Communist Cross-Dressing Comedy: Alexei Ratmansky’s ‘The Bright Stream’ Returns to American Ballet Theatre

Gillian Murphy in “The Bright Stream.” Photograph by Rosalie O’Connor

Alexei Ratmansky’s The Bright Stream, which opened a week-long run at American Ballet Theatre on Tuesday, may not be a perfect ballet, but it is a very funny one, and one of only two ballets that have made me laugh uncontrollably. (The other is Jerome Robbins’ The Concert.) In The Bright Stream‘s uproarious second act, a ballerina dons a shirt and pants to become a cavalier, a cavalier sports a tutu to become a sylph, and a boy dressed as a dog crosses the stage in arabesque atop a bicycle. Death, cloaked in black and brandishing a scythe, appears, but he has no place in this innocent, whimsical world: The others toss him into the wings.

The Shostakovich-scored ballet, now in its second year at American Ballet Theatre, transports its audience to the Bright Stream farming collective, where Zina (Paloma Herrera at Tuesday’s performance) and her husband, Pytor (Marcelo Gomes) are among the residents preparing for a harvest celebration. A train soon arrives carrying artists including a ballerina (Gillian Murphy) and her dancing partner (David Hallberg), and Zina recognizes the ballerina as an old friend with whom she once studied dance. After Pyotr’s eye wanders to the ballerina and a pair of old married vacationers (Martine van Hamel and Victor Barbee) begin to ogle the dancers, the others hatch a plan to teach the unfaithful a lesson: Zina will entrap her husband while dressed as the ballerina, and the dancers will woo their would-be suitors disguised as each other.

Martine van Hamel and Victor Barbee as the Dacha Dwellers. Photograph by Rosalie O’Connor

While watching story ballets, one often has to ask, “Why are they dancing?” The beauty of The Bright Stream is that the question rarely, if ever, arises. Ratmansky’s choreography works both figuratively and literally; dancing is the means by which the characters converse, define themselves, and deceive others.

In Zina and the ballerina’s first duet, for instance, their dancing in canon strikes one as less of a musical device than one friend jogging the other’s memory. To deceive the eyesight-impaired dacha dwellers in the second act, the ballet dancers rely in part on their costumes, but the true trickery is in their steps; the ballerina repeats her partner’s variation from the first act, mimicking his macho posturing.

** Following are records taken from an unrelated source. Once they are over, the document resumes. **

//! A picture of a time line, as an SVG document.

ghost use Rattle.std.specs.Prelude.{◌≡◌, ◌+◌, ◌<◌, ◌≤◌, ◌^◌, max, length, IfOk, vec_len};
ghost use Rattle.grub_timeline.specs.TimeLines.{AreWithin, IsTimeLine};
ghost use Rattle.grub_timeline.specs.Fitting.{AreToldIn};
ghost use Rattle.grub_picture.specs.Picture.{IsDocument, last_moment};

use crate::drawing::{bottom_of, put_queues};
use crate::layout::{Scene, layout_of, owns_of};
use grub_plan::Plan;
use grub_timeline::{TimeLine, ToldEntry, ViewFault, replay};
use std::alloc::{AllocError, Global};
use svg::{Frame, put_axis, put_head, put_number, put_text};

/// A picture is smaller than 4 MiB: what stands in its one element is smaller than this, in bytes.
const INNER_LIMIT: usize = 4194292;

/// How much may be drawn, of which the first is taken that keeps the picture within its limit: the least width of a bar in
/// pixels, the tasks that have lanes, and the runqueues.
const CUTS: [(u16, u32, u32); 26] = [
    (1, 256, 64),
    (2, 256, 64),
    (4, 256, 64),
    (8, 256, 64),
    (16, 256, 64),
    (32, 256, 64),
    (64, 256, 64),
    (128, 256, 64),
    (256, 256, 64),
    (512, 256, 64),
    (1024, 256, 64),
    (1024, 128, 64),
    (1024, 64, 64),
    (1024, 32, 64),
    (1024, 16, 64),
    (1024, 8, 64),
    (1024, 4, 64),
    (1024, 2, 64),
    (1024, 1, 64),
    (1024, 0, 64),
    (1024, 0, 32),
    (1024, 0, 16),
    (1024, 0, 8),
    (1024, 0, 4),
    (1024, 0, 2),
    (1024, 0, 1),
];

/// What is given where none of these served.
const NOTHING_DRAWN: &[u8] =
    b"xmlns=\"http://www.w3.org/2000/svg\" width=\"1190\" height=\"40\"><text x=\"8\" y=\"24\">left out, so that this picture is below 4 MiB: all runqueues and tasks</text>";

/// The last moment of a time line, where a picture ends: 1 where that is 0, or there is none.
pub fn end_of(line: &TimeLine) -> u32
    ensures { result ≡ max 1 (last_moment line.now.told.items) }
{
    last_moment(&line.told).max(1)
}

/// The moment of the last entry, or 0 where there is none.
fn last_moment(told: &[ToldEntry]) -> u32
    ensures { result ≡ last_moment told.now }
{
    match told.last() {
        Some(x) => x.entry.m,
        None => 0,
    }
}

/// A picture of a time line of the plan, from one moment to a later one, as an SVG document of less than 4 MiB. Past the
/// last entry the last state goes on. Bars and steps of curves that are narrower than a pixel are left out. Where the
/// document would be too long, they are left out up to a greater power of two of pixels; where that is not enough, so are
/// lanes, and then runqueues, from the last on, and the picture says which.
/// It is refused with 48 where the allocator refused.
pub fn picture_text(
    alloc: Global,
    plan: &Plan,
    line: &TimeLine,
    from: u32,
    to: u32,
) -> Result<Vec<u8>, ViewFault>
    requires line { IsTimeLine plan.now line.now.told.items line.now.closing.items }
    requires within { AreWithin plan.now.setup line.now.told.items }
    requires span { from < to }
    ensures short { IfOk result (λ v. vec_len v < 2 ^ 22) }
    ensures document { IfOk result (λ v. IsDocument v.items) }
{
    text_of(alloc, plan, line, from, to).map_err(|_| ViewFault::NoMemory)
}

fn text_of(
    alloc: Global,
    plan: &Plan,
    line: &TimeLine,
    from: u32,
    to: u32,
) -> Result<Vec<u8>, AllocError>
    requires { AreToldIn plan.now.setup line.now.told.items }
    ensures short { IfOk result (λ v. vec_len v < 2 ^ 22) }
    ensures document { IfOk result (λ v. IsDocument v.items) }
{
    let steps = replay(alloc, plan.setup(), &line.told)?;
    let owns = owns_of(alloc, plan, &steps)?;
    for (unit, tasks, queues) in CUTS {
        let scene = Scene {
            plan,
            steps: &steps,
            owns: &owns,
            frame: Frame { from, to, unit },
            tasks: plan.setup().task_count().min(tasks),
            queues: plan.setup().queue_count().min(queues),
        };
        let inner = drawn(alloc, &scene)?;
        if inner.len() < INNER_LIMIT {
            return document_of(alloc, &inner);
        }
    }
    document_of(alloc, NOTHING_DRAWN)
}

/// The document in which this stands.
fn document_of(alloc: Global, inner: &[u8]) -> Result<Vec<u8>, AllocError>
    ensures document { IfOk result (λ v. IsDocument v.items) }
    ensures length { IfOk result (λ v. vec_len v ≡ length inner.now + 12) }
{
    let mut text = Vec::from_slice(alloc, b"<svg ")?;
    text.extend_from_slice(inner)?;
    text.extend_from_slice(b"</svg>\n")?;
    Ok(text)
}

/// What stands in the document.
fn drawn(alloc: Global, scene: &Scene) -> Result<Vec<u8>, AllocError>
    requires tasks { scene.now.tasks ≤ length scene.now.plan.now.setup.tasks }
    requires queues { scene.now.queues ≤ length scene.now.plan.now.setup.queues }
    requires owns { length scene.now.owns.now ≡ length scene.now.plan.now.setup.tasks }
{
    let layout = layout_of(alloc, scene)?;
    let y = bottom_of(&layout);
    let mut text = Vec::new(alloc);
    put_head(&mut text, scene.frame, y)?;
    put_lanes_left_out(&mut text, scene)?;
    put_queues_left_out(&mut text, scene)?;
    put_axis(&mut text, scene.frame, y)?;
    put_queues(&mut text, scene.plan, scene.frame, &layout)?;
    Ok(text)
}

/// Which lanes are left out, where some are: those of a task and of all tasks after it.
fn put_lanes_left_out(out: &mut Vec<u8>, scene: &Scene) -> Result<(), AllocError> {
    if scene.tasks < scene.plan.setup().task_count() {
        out.extend_from_slice(
            b"<text x=\"130\" y=\"74\">left out, so that this picture is below 4 MiB: the lanes of ",
        )?;
        put_text(out, scene.plan.name(scene.tasks))?;
        out.extend_from_slice(b" and of all tasks after it</text>\n")?;
    }
    Ok(())
}

/// Which runqueues are left out, where some are: one and all after it.
fn put_queues_left_out(out: &mut Vec<u8>, scene: &Scene) -> Result<(), AllocError> {
    if scene.queues < scene.plan.setup().queue_count() {
        put_number(
            out,
            b"<text x=\"714\" y=\"74\">left out too: runqueue ",
            u64::from(scene.queues),
        )?;
        out.extend_from_slice(b" and all after it</text>\n")?;
    }
    Ok(())
}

And it becomes clear, when Pyotr dances with a masked Zina, that it’s not the ballerina’s physical beauty that draws this cad’s attention but the grace and verve of her dancing; in the finale, after Zina and the ballerina perform side by side, Pyotr is surprised to learn that his wife possesses these qualities as well.

The choreography’s wit and variety aren’t limited to character sketches either. Just before the finale, in a passage that recalls the human horse carriage of Frederick Ashton’s pastoral La Fille Mal Gardée, men cross a sunflower-filled scrim steering each other like wheelbarrows, and three tiers of dancers bustle by in the shape of a tractor, complete with moving parts.

David Hallberg as a sylph. Photograph by Fabrizio Ferri

Other dancers will perform the ballet this week, but this cast of principals — the first cast at American Ballet Theatre — remains a joy. Herrera’s dancing, both strong and relaxed, complemented Zina’s wavering confidence, Murphy handled the male and female steps with ease, and Pytor’s flirtatious outbursts proved a perfect vehicle for Gomes’ effusive charm and bravura technique. Hallberg, however, stole the show. It’s been said that when attempting comedy, one has to be doubly serious, and Hallberg made a convincing case with his delicate pointework, deliberate épaulement, and spot-on timing. Other dancers stand out too, most memorably Craig Salstein, who was both devilish and debonair as the accordion player who tries to seduce a schoolgirl. It’s a delight to watch these dancers, seen so often as serious swans and princesses and peasants, briefly let loose, and laugh at their art and themselves.